誰知周垚沒生氣,只是窩在沙發里橫了她一眼︰「嗯,感謝天感謝地,感謝方曉祖宗拔苗助長,感謝她媽在天有靈。哦,也得感謝從天而降的挫折,感謝強|暴過我們的生活,感謝……」

周垚的語氣意興闌珊,說到這里突然頓住。

她的目光筆直的瞪著掛歷——任熙熙剛好翻到了十一月,露出上面一個被藍色水彩筆勾勒畫下的大圓圈。

——十一月二十九日。

「感謝……曾經救過我,愛過我的人。」

……

十一月二十九日是個神秘的日子,每年這一天周垚都要去見一個人。

最初在大學那些沒心沒肺的日子里,任熙熙就問過周垚是誰,是誰這麼重要即便那天有再重要的課,一直保持全勤的周垚也一定會消失一天。

周垚永遠只是笑著說︰「是這個世界上最在乎我的人。在全世界都拋棄我的時候,就ta還在。」

這個ta,任熙熙第一時間認為是個男人,但轉而就推翻。周垚身邊的男朋友一任接一任,那個ta得有多強大的心理素質才能當睜眼瞎?

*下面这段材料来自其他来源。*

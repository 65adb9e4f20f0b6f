//! The effects of a line: what its calls drop, and how often they hash, compare and clone.

use std::cell::Cell;
use std::fmt;
use std::rc::Rc;

/// What is counted: first the drops, of which the serial numbers are summed too.
#[derive(Clone, Copy, Default)]
pub enum Effect {
    #[default]
    DropKey,
    DropValue,
    DropHasher,
    DropClosure,
    HashKey,
    EqKey,
    EqValue,
    CmpKey,
    CmpValue,
    CloneKey,
    CloneValue,
    CloneHasher,
    BuildHasher,
    HashValue,
}

/// The name of each effect.
const NAMES: [&str; 14] = [
    "drop-keys",
    "drop-values",
    "drop-hashers",
    "drop-closures",
    "hash-keys",
    "eq-keys",
    "eq-values",
    "cmp-keys",
    "cmp-values",
    "clone-keys",
    "clone-values",
    "clone-hashers",
    "build-hashers",
    "hash-values",
];

/// The effects of a line, which are counted only while a window is open, and the last serial
/// number of the run.
#[derive(Drop)]
pub struct Counts {
    is_counting: Cell<bool>,
    has_effects: Cell<bool>,
    last_serial: Cell<u64>,
    /// The number of the clone to refuse, 1 for the next, or 0 for none.
    refused_clone: Cell<u64>,
    /// How often each effect was, and of the drops the sum of the serial numbers modulo 2^64.
    counts: Cell<[u64; 14]>,
    sums: Cell<[u64; 4]>,
}

/// Counts that keys, values and hashers share, or none.
pub type Shared = Option<Rc<Counts>>;

/// Shares counts once more.
pub fn share(counts: &Shared) -> Shared {
    match counts {
        Some(counts) => Rc::clone(counts).ok(),
        None => None,
    }
}

/// Adds to a number of an array, modulo 2^64, if there is one at the place.
fn add<const N: usize>(numbers: &Cell<[u64; N]>, place: usize, number: u64) {
    let mut changed = numbers.get();
    if let Some(found) = changed.get_mut(place) {
        *found = found.wrapping_add(number);
    }
    numbers.set(changed);
}

impl Counts {
    /// Makes counts that have seen nothing.
    pub fn new() -> Counts {
        Counts {
            is_counting: Cell::new(false),
            has_effects: Cell::new(false),
            last_serial: Cell::new(0),
            refused_clone: Cell::new(0),
            counts: Cell::new([0; 14]),
            sums: Cell::new([0; 4]),
        }
    }

    /// Returns whether a window is open.
    pub fn is_counting(&self) -> bool {
        self.is_counting.get()
    }

    /// Begins to count, or stops.
    pub fn set_counting(&self, is_counting: bool) {
        self.is_counting.set(is_counting);
    }

    /// Returns whether the line has an effect.
    pub fn has_effects(&self) -> bool {
        self.has_effects.get()
    }

    /// Returns the next serial number, the first of which is 1.
    pub fn next_serial(&self) -> u64 {
        self.last_serial.set(self.last_serial.get().wrapping_add(1));
        self.last_serial.get()
    }

    /// Sets which of the clones from here on is refused, or by 0 that none is.
    pub fn set_refused_clone(&self, number: u64) {
        self.refused_clone.set(number);
    }

    /// Returns whether a clone is to be refused. Called once for each, counts it if a window is
    /// open.
    pub fn refuses_clone(&self) -> bool {
        let left = self.refused_clone.get();
        if left == 0 || !self.is_counting() {
            return false;
        }
        self.refused_clone.set(left - 1);
        left == 1
    }

    /// Returns how many keys and values the line has dropped so far.
    pub fn dropped(&self) -> u64 {
        let counts = self.counts.get();
        counts[0].wrapping_add(counts[1])
    }

    /// Counts an effect on what has a serial number, if a window is open.
    pub fn count(&self, effect: Effect, serial: u64) {
        if self.is_counting() {
            self.has_effects.set(true);
            add(&self.counts, effect as usize, 1);
            add(&self.sums, effect as usize, serial);
        }
    }

    /// Begins anew at the effects of a line. The serial numbers go on.
    pub fn clear(&self) {
        self.has_effects.set(false);
        self.counts.set([0; 14]);
        self.sums.set([0; 4]);
    }
}

/// Each effect that is not 0, after a blank.
impl fmt::Display for Counts {
    fn fmt<W: fmt::Write>(&self, f: &mut fmt::Formatter<W>) -> fmt::Result {
        let (counts, sums) = (self.counts.get(), self.sums.get());
        let mut sums = sums.iter();
        for (name, count) in NAMES.iter().zip(counts.iter()) {
            let sum = sums.next();
            if *count != 0 {
                write!(f, " {name} {count}")?;
                if let Some(sum) = sum {
                    write!(f, ":{sum}")?;
                }
            }
        }
        Ok(())
    }
}
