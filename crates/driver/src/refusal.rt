//! The answer of a call that was refused memory: what it hands back.

use super::call::Call;
use super::key::Key;
use super::value::Value;
use linked_hash_map::{NoRoom, Refused, ReserveError};
use std::alloc::AllocError;

/// The error of a call that was refused memory.
pub trait Refusal {
    /// Appends what it hands back, with its serial numbers.
    fn show(&self, call: &Call);
}

impl Refusal for Refused<Key, Value> {
    fn show(&self, call: &Call) {
        call.show_refused_pair(&self.key, &self.value);
    }
}

impl Refusal for Refused<u64, u64> {
    fn show(&self, call: &Call) {
        call.push_str("refused ");
    }
}

impl Refusal for linked_hash_set::Refused<Key> {
    fn show(&self, call: &Call) {
        call.push_str("refused ");
        call.show_numbered(&self.item, self.item.serial());
    }
}

impl Refusal for linked_hash_set::Refused<u64> {
    fn show(&self, call: &Call) {
        call.push_str("refused ");
    }
}

/// Says which of the two reasons it is.
impl Refusal for ReserveError {
    fn show(&self, call: &Call) {
        call.push_str("refused ");
        call.show(self);
    }
}

impl Refusal for NoRoom {
    fn show(&self, call: &Call) {
        call.push_str("refused ");
        call.show(self);
    }
}

impl Refusal for AllocError {
    fn show(&self, call: &Call) {
        call.push_str("refused ");
    }
}
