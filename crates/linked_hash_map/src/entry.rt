//! Entries: a key, present or absent, without a second lookup.
ghost use Rattle.std.specs.Prelude.{◌≡◌, ◌<◌, None, length};
ghost use Rattle.linked_hash_map.specs.Pairs.{find};
ghost use Rattle.linked_hash_map.specs.Cursor.{IsOutside, IsOutside-prop};
ghost use Rattle.linked_hash_map.specs.Hashers.{hash_by};

mod cursor;
mod ends;
mod methods;
mod occupied;
mod vacant;

use crate::map::{DefaultHashBuilder, LinkedHashMap};
pub use cursor::Entries;
use std::hash::{BuildHasher, Hash};

/// The entry of a key, returned by `entry`. Dropping it leaves the map as it is.
///
/// # Examples
///
/// ```rust
/// use linked_hash_map::{Entry, LinkedHashMap};
///
/// let mut map = LinkedHashMap::new(rt.alloc());
/// map.insert('x', 1)?;
/// match map.entry('x') {
///     Entry::Occupied(mut entry) => assert_eq!(rt; entry.insert(2), 1),
///     Entry::Vacant(entry) => assert_eq!(rt; *entry.insert(3)?, 3),
/// }
/// assert_eq!(rt; map.get(&'x'), Some(&2));
/// ```
#[derive(Drop)]
pub enum Entry<'a, K: Eq + Hash, V, S: BuildHasher = DefaultHashBuilder> {
    /// The key is present.
    Occupied(OccupiedEntry<'a, K, V, S>),
    /// The key is absent.
    Vacant(VacantEntry<'a, K, V, S>),
}

/// The entry of a present key. Its methods are O(1), hash no key, compare none, except
/// `replace_key`, and end no visit.
///
/// # Examples
///
/// ```rust
/// use linked_hash_map::{Entry, LinkedHashMap};
///
/// let mut map = LinkedHashMap::new(rt.alloc());
/// map.insert('x', 1)?;
/// if let Entry::Occupied(mut entry) = map.entry('x') {
///     assert_eq!(rt; (*entry.key(), *entry.get()), ('x', 1));
///     *entry.get_mut() = 2;
///     assert_eq!(rt; entry.remove(), 2);
/// }
/// assert!(rt; map.is_empty());
/// ```
#[derive(Drop)]
pub struct OccupiedEntry<'a, K: Eq + Hash, V, S: BuildHasher = DefaultHashBuilder> {
    // Its pair is the map's current one.
    map: &'a mut LinkedHashMap<K, V, S>,
    ghost within: { map.now.cursor.current < length map.now.pairs },
    ghost outside: { IsOutside map.now.cursor.current map.now } by { IsOutside-prop map.now.cursor.current map.now },
}

/// The entry of an absent key, which it owns. Its methods hash and compare no key.
///
/// # Examples
///
/// ```rust
/// use linked_hash_map::{Entry, LinkedHashMap};
///
/// let mut map = LinkedHashMap::new(rt.alloc());
/// if let Entry::Vacant(entry) = map.entry('x') {
///     assert_eq!(rt; *entry.key(), 'x');
///     let lent = entry.insert(1)?;
///     *lent = 2;
/// }
/// assert_eq!(rt; map.get(&'x'), Some(&2));
/// ```
pub struct VacantEntry<'a, K: Eq + Hash, V, S: BuildHasher = DefaultHashBuilder> {
    map: &'a mut LinkedHashMap<K, V, S>,
    key: K,
    hash: u64,
    ghost absent: { find K.eq map.now.pairs key ≡ None },
    ghost hashed: { hash ≡ hash_by S.Hasher.finish S.Hasher.write S.build_hasher K.hash_input
        map.now.hasher key },
}

// By hand, so that callers know what an unused entry leaves.
impl<'a, K: Eq + Hash + Drop, V, S: BuildHasher> Drop for VacantEntry<'a, K, V, S> {
    ghost use Rattle.linked_hash_map.specs.Entry.{vacant_map};

    fn drop(self)
        ensures { self.exit.0.now ≡ vacant_map self.entry }
    {
        let VacantEntry {
            map: _,
            key: _,
            hash: _,
        } = self;
    }
}
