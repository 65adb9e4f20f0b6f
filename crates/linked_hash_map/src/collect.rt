//! Maps filled from an iterator.
ghost use Rattle.std.specs.Prelude.{◌≡◌, ℕ, ◌+◌, ◌-◌, ◌≤◌, [], max, length, None, IfOk, IfErr, OnErr, OnOk, IsOk, IsErrOf};
ghost use Rattle.std.specs.Iterator.{IsFiniteIterable};
ghost use Rattle.std.specs.Map.Iter.{deref_pair};
ghost use Rattle.linked_hash_map.specs.Pairs.{find};
ghost use Rattle.linked_hash_map.specs.Changes.{KeepsSettings};
ghost use Rattle.linked_hash_map.specs.Cursor.{to_visit};
ghost use Rattle.linked_hash_map.specs.Validity.{IsValid};
ghost use Rattle.linked_hash_map.specs.Counts.{rechained_each};
ghost use Rattle.linked_hash_map.specs.Inserts.{LeavesVisit, GivesAtMost, InsertsAll, InsertsUntil, Collects, HintsAboveLimit, NeedsRoom};

mod traits;

use crate::error::{Refused, ReserveError};
use crate::map::{LinkedHashMap, Mode};
use std::alloc::Global;
use std::hash::{BuildHasher, Hash};

impl<K: Eq + Hash, V, S: BuildHasher> LinkedHashMap<K, V, S> {
    /// Inserts the items one by one, each as `insert` does, hashing its key once. It is O(m) for m
    /// items, or up to O(n + m) if it raises the capacity.
    ///
    /// The first refused is the error: the pairs before it stay, and no later item is taken.
    ///
    /// # Examples
    ///
    /// ```rust
    /// let mut map = LinkedHashMap::new(rt.alloc());
    /// map.extend([('x', 1), ('y', 2), ('x', 3)])?;
    /// assert_eq!(rt; map.front(), Some((&'y', &2)));
    /// assert_eq!(rt; map.back(), Some((&'x', &3)));
    /// ```
    pub fn extend<I: IntoIterator<Item = (K, V)>>(&mut self, items: I) -> Result<(), Refused<K, V>>
    where
        K: Drop,
        V: Drop,
        I::IntoIter: Drop,
        requires ends { IsFiniteIterable I.into_iter_gives I.IntoIter.can_next
            I.IntoIter.remaining items }
        // On success all pairs are inserted, in order.
        ensures all { OnOk result
            (InsertsAll I.into_iter_gives I.IntoIter.next_gives items K.eq (λ pair. pair)
            self.old.mode self.old.pairs self.new.pairs) }
        ensures capacity { self.new.capacity ≡ max self.old.capacity (length self.new.pairs) }
        ensures rechained { self.new.rechained
            ≡ rechained_each self.old.rechained self.old.capacity
            (self.new.capacity - self.old.capacity) }
        ensures settings { KeepsSettings self.old self.new }
        // A present key ends a visit. If each is new, the same is left to visit.
        ensures to_visit { OnOk result
            ((inserts : InsertsAll I.into_iter_gives I.IntoIter.next_gives items K.eq (λ pair. pair)
            self.old.mode self.old.pairs self.new.pairs)
            × LeavesVisit (length inserts.given) self.old self.new) }
        ensures valid { IsValid K.eq self.old }
        ensures stays_valid { IsValid K.eq self.new }

        // On failure the pair comes back that was refused, and those before it are inserted.
        ensures visit_stopped { IfErr result (λ refused.
            (inserts : InsertsUntil I.into_iter_gives I.IntoIter.next_gives items K.eq (λ pair. pair)
            self.old.mode self.old.pairs self.new.pairs refused.key refused.value)
            × LeavesVisit (length inserts.given) self.old self.new) }
        ensures stopped { IfErr result (λ refused.
            InsertsUntil I.into_iter_gives I.IntoIter.next_gives items K.eq (λ pair. pair)
            self.old.mode self.old.pairs self.new.pairs refused.key refused.value) }
        ensures absent { IfErr result (λ refused. find K.eq self.new.pairs refused.key ≡ None) }
        ensures full { OnErr result (length self.new.pairs ≡ self.new.capacity) }
        // Its key is new. Nothing fails if there is room for all.
        ensures new_key { IfErr result (λ refused. find K.eq self.old.pairs refused.key ≡ None) }
        ensures succeeds { (n : ℕ) → GivesAtMost I.into_iter_gives I.IntoIter.remaining items n
            → length self.old.pairs + n ≤ self.old.capacity → IsOk result }
    {
        // Shows that the map is valid if no item comes.
        let _len = self.len();
        for (key, value) in items {
            match self.insert(key, value) {
                Ok(old) => drop(old),
                Err(refused) => return Err(refused),
            }
        }
        Ok(())
    }

    /// Inserts copies of the referenced pairs, as `extend` does. It is O(m) for m items, or up to
    /// O(n + m) if it raises the capacity.
    ///
    /// # Examples
    ///
    /// ```rust
    /// let mut map = LinkedHashMap::new(rt.alloc());
    /// map.extend_refs([(&'x', &1), (&'y', &2)])?;
    /// assert_eq!(rt; map.back(), Some((&'y', &2)));
    /// ```
    pub fn extend_refs<'a, I: IntoIterator<Item = (&'a K, &'a V)>>(
        &mut self,
        items: I,
    ) -> Result<(), Refused<K, V>>
    where
        K: Copy + 'a,
        V: Copy + 'a,
        I::IntoIter: Drop,
        requires ends { IsFiniteIterable I.into_iter_gives I.IntoIter.can_next
            I.IntoIter.remaining items }
        // On success all pairs are inserted, in order.
        ensures all { OnOk result
            (InsertsAll I.into_iter_gives I.IntoIter.next_gives items K.eq deref_pair self.old.mode
            self.old.pairs self.new.pairs) }
        ensures capacity { self.new.capacity ≡ max self.old.capacity (length self.new.pairs) }
        ensures rechained { self.new.rechained
            ≡ rechained_each self.old.rechained self.old.capacity
            (self.new.capacity - self.old.capacity) }
        ensures settings { KeepsSettings self.old self.new }
        // A present key ends a visit. If each is new, the same is left to visit.
        ensures to_visit { OnOk result
            ((inserts : InsertsAll I.into_iter_gives I.IntoIter.next_gives items K.eq deref_pair
            self.old.mode self.old.pairs self.new.pairs)
            × LeavesVisit (length inserts.given) self.old self.new) }
        ensures valid { IsValid K.eq self.old }
        ensures stays_valid { IsValid K.eq self.new }

        // On failure the pair comes back that was refused, and those before it are inserted.
        ensures visit_stopped { IfErr result (λ refused.
            (inserts : InsertsUntil I.into_iter_gives I.IntoIter.next_gives items K.eq deref_pair
            self.old.mode self.old.pairs self.new.pairs refused.key refused.value)
            × LeavesVisit (length inserts.given) self.old self.new) }
        ensures stopped { IfErr result (λ refused.
            InsertsUntil I.into_iter_gives I.IntoIter.next_gives items K.eq deref_pair self.old.mode
            self.old.pairs self.new.pairs refused.key refused.value) }
        ensures absent { IfErr result (λ refused. find K.eq self.new.pairs refused.key ≡ None) }
        ensures full { OnErr result (length self.new.pairs ≡ self.new.capacity) }
        // Its key is new. Nothing fails if there is room for all.
        ensures new_key { IfErr result (λ refused. find K.eq self.old.pairs refused.key ≡ None) }
        ensures succeeds { (n : ℕ) → GivesAtMost I.into_iter_gives I.IntoIter.remaining items n
            → length self.old.pairs + n ≤ self.old.capacity → IsOk result }
    {
        // Shows that the map is valid if no item comes.
        let _len = self.len();
        for (key, value) in items {
            match self.insert(*key, *value) {
                Ok(_old) => {}
                Err(refused) => return Err(refused),
            }
        }
        Ok(())
    }

    /// Creates a map with the default hasher of its type and inserts the items, each as `insert`
    /// does, hashing its key once. It first reserves the lower bound of `size_hint`, in O(bound),
    /// and the capacity is that or, if larger, the number of pairs; at 0 it does not allocate.
    ///
    /// Returns `TooLarge` only if that bound is above [`LIMIT`](crate::LIMIT), with no item taken,
    /// and `NoRoom` if an allocation fails or an insertion is refused; the items taken are dropped.
    ///
    /// # Examples
    ///
    /// ```rust
    /// let pairs = [('x', 1), ('y', 2)];
    /// let map: LinkedHashMap<char, u64> = LinkedHashMap::from_iter(rt.alloc(), pairs)?;
    /// assert_eq!(rt; (map.len(), map.capacity()), (2, 2));
    /// ```
    pub fn from_iter<I: IntoIterator<Item = (K, V)>>(
        alloc: Global,
        items: I,
    ) -> Result<Self, ReserveError>
    where
        K: Drop,
        V: Drop,
        S: Default + Drop,
        I::IntoIter: Drop,
        requires ends { IsFiniteIterable I.into_iter_gives I.IntoIter.can_next
            I.IntoIter.remaining items }
        ensures all { IfOk result (λ map.
            Collects I.into_iter_gives I.IntoIter.next_gives items I.IntoIter.remaining K.eq
            map.pairs map.capacity map.rechained) }
        ensures hasher { IfOk result (λ map. S.is_default map.hasher) }
        ensures mode { IfOk result (λ map. map.mode ≡ Mode.Touch) }
        ensures to_visit { IfOk result (λ map. to_visit map ≡ []) }
        ensures valid { IfOk result (IsValid K.eq) }

        ensures too_large { IsErrOf result ReserveError.TooLarge →
            HintsAboveLimit I.into_iter_gives I.IntoIter.next_gives items I.IntoIter.remaining }
        ensures no_room { IsErrOf result ReserveError.NoRoom →
            NeedsRoom I.into_iter_gives I.IntoIter.next_gives items I.IntoIter.remaining }
    {
        let items = items.into_iter();
        let (lower, _) = items.size_hint();
        let mut map = Self::with_capacity_and_hasher(alloc, lower, S::default())?;
        match map.extend(items) {
            Ok(()) => Ok(map),
            Err(_refused) => Err(ReserveError::NoRoom),
        }
    }
}
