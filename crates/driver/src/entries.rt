//! Calls that go by an entry, and make an edit that a letter names.

use super::Map;
use super::call::Call;
use super::hasher::BuildKeyHasher;
use super::key::Key;
use super::refusal::Refusal;
use super::value::{Value, Values};
use linked_hash_map::{Entry, OccupiedEntry, Refused, VacantEntry};
use std::mem;

/// The entry of a present key.
pub type Occupied<'m> = OccupiedEntry<'m, Key, Value, BuildKeyHasher>;

type Vacant<'m> = VacantEntry<'m, Key, Value, BuildKeyHasher>;

/// A value that a call lends, if it was given memory.
pub type Lent<'m> = Result<&'m mut Value, Refused<Key, Value>>;

/// An edit: its letter, and what it takes.
#[derive(Drop)]
pub struct Edit {
    pub letter: u8,
    values: Values,
    key: &'static str,
}

impl Edit {
    /// Makes an edit of the first letter of a word, of a word of a key and of the next word as
    /// values.
    pub fn new(key: &'static str, letters: &str, call: &Call) -> Edit {
        let letter = match letters.as_bytes().first() {
            Some(byte) => *byte,
            None => 0,
        };
        Edit {
            letter,
            values: call.values(),
            key,
        }
    }

    /// Returns the next value.
    pub fn take(&mut self) -> Value {
        self.values.take()
    }

    /// Makes a key of the word.
    fn key(&self) -> Key {
        self.values.key(self.key)
    }
}

/// Makes an edit in place: writes the value at `w`, inserts one at `i`, or one and then 0 at `t`,
/// moves the pair to the back at `b` or to the front at `f`, or replaces the key at `p`.
pub fn edit_in_place(entry: &mut Occupied, edit: &mut Edit, call: &Call) {
    match edit.letter {
        b'w' => call.replace(entry.get_mut(), edit.take()),
        b'i' => call.show(&entry.insert(edit.take())),
        b't' => {
            let (value, zero) = (edit.take(), edit.values.zero());
            call.show(&entry.insert(value));
            call.begin();
            call.show(&entry.insert(zero));
        }
        b'b' => entry.move_to_back(),
        b'f' => entry.move_to_front(),
        b'p' => call.show_key(entry.replace_key(edit.key())),
        _ => {}
    }
}

/// Shows an entry that is bound to a name, and makes an edit by it: a removal at `r` or `e`, a
/// write to what the entry turns into at `m`, one in place, or at `o` none, and the entry is
/// forgotten.
macro_rules! edit_occupied {
    ($entry:ident, $edit:expr, $call:expr) => {
        $call.show_pair($entry.key(), $entry.get());
        $call.begin();
        match $edit.letter {
            b'r' => $call.show(&$entry.remove()),
            b'e' => $call.show(&$entry.remove_entry()),
            b'm' => {
                let value = $edit.take();
                let lent = $entry.into_mut();
                $call.end();
                *lent = value;
            }
            b'o' => mem::forget($entry),
            _ => {
                edit_in_place(&mut $entry, $edit, $call);
                $call.drop_within($entry);
            }
        }
        $call.end();
    };
}

pub(crate) use edit_occupied;

/// Appends a value that was inserted.
fn show_inserted(lent: &Lent, call: &Call) {
    match lent {
        Ok(lent) => call.show(lent),
        Err(refused) => refused.show(call),
    }
}

/// Writes to a value that was inserted.
fn write_inserted(lent: &mut Lent, value: Value, call: &Call) {
    call.end();
    match lent {
        Ok(lent) => **lent = value,
        Err(refused) => refused.show(call),
    }
}

/// Makes an edit by the entry of a key: at a vacant one an insertion at `i`, one of 0 that is then
/// written at `m`, at `o` it is forgotten, or none.
fn edit_by_entry(map: &mut Map, key: Key, edit: &mut Edit, call: &Call) {
    match map.entry(key) {
        Entry::Occupied(mut entry) => {
            edit_occupied!(entry, edit, call);
        }
        Entry::Vacant(entry) => {
            call.push_str("vacant ");
            call.show(entry.key());
            call.begin();
            match edit.letter {
                b'i' => show_inserted(&entry.insert(edit.take()), call),
                b'm' => {
                    let zero = edit.values.zero();
                    write_inserted(&mut entry.insert(zero), edit.take(), call);
                }
                b'o' => mem::forget(entry),
                _ => call.drop_within(entry),
            }
            call.end();
        }
    }
}

/// Makes an edit by the entry of a key.
pub fn edit_entry(map: &mut Map, call: &Call) {
    let word = call.word();
    let key = call.key_of(word);
    let mut edit = Edit::new(word, call.word(), call);
    edit_by_entry(map, key, &mut edit, call);
}

/// Replaces the key of a present entry by another.
pub fn replace_entry_key(map: &mut Map, call: &Call) {
    let (key, other) = (call.key(), call.key());
    match map.entry(key) {
        Entry::Occupied(mut entry) => call.show_key(entry.replace_key(other)),
        Entry::Vacant(entry) => {
            call.drop_within(entry);
            call.push_str("absent ");
        }
    }
}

後來,任熙熙又想應該是個女人,心里有點小介意,還以為自己是周垚最好的閨蜜,結果被排到第二。但話說回來既然大家都是朋友,怎麼也不介紹她們認識?

再後來,任熙熙終于知道,那是個死人。

一談起那個人,周垚總會變得很柔和,原本生動的五官線條一旦寧靜下來,會讓人移不開眼。

可任熙熙不喜歡她這樣,很不喜歡。

任熙熙也沒有告訴周垚,其實大三的時候她就知道和有關ta的事,這才沒有繼續追問。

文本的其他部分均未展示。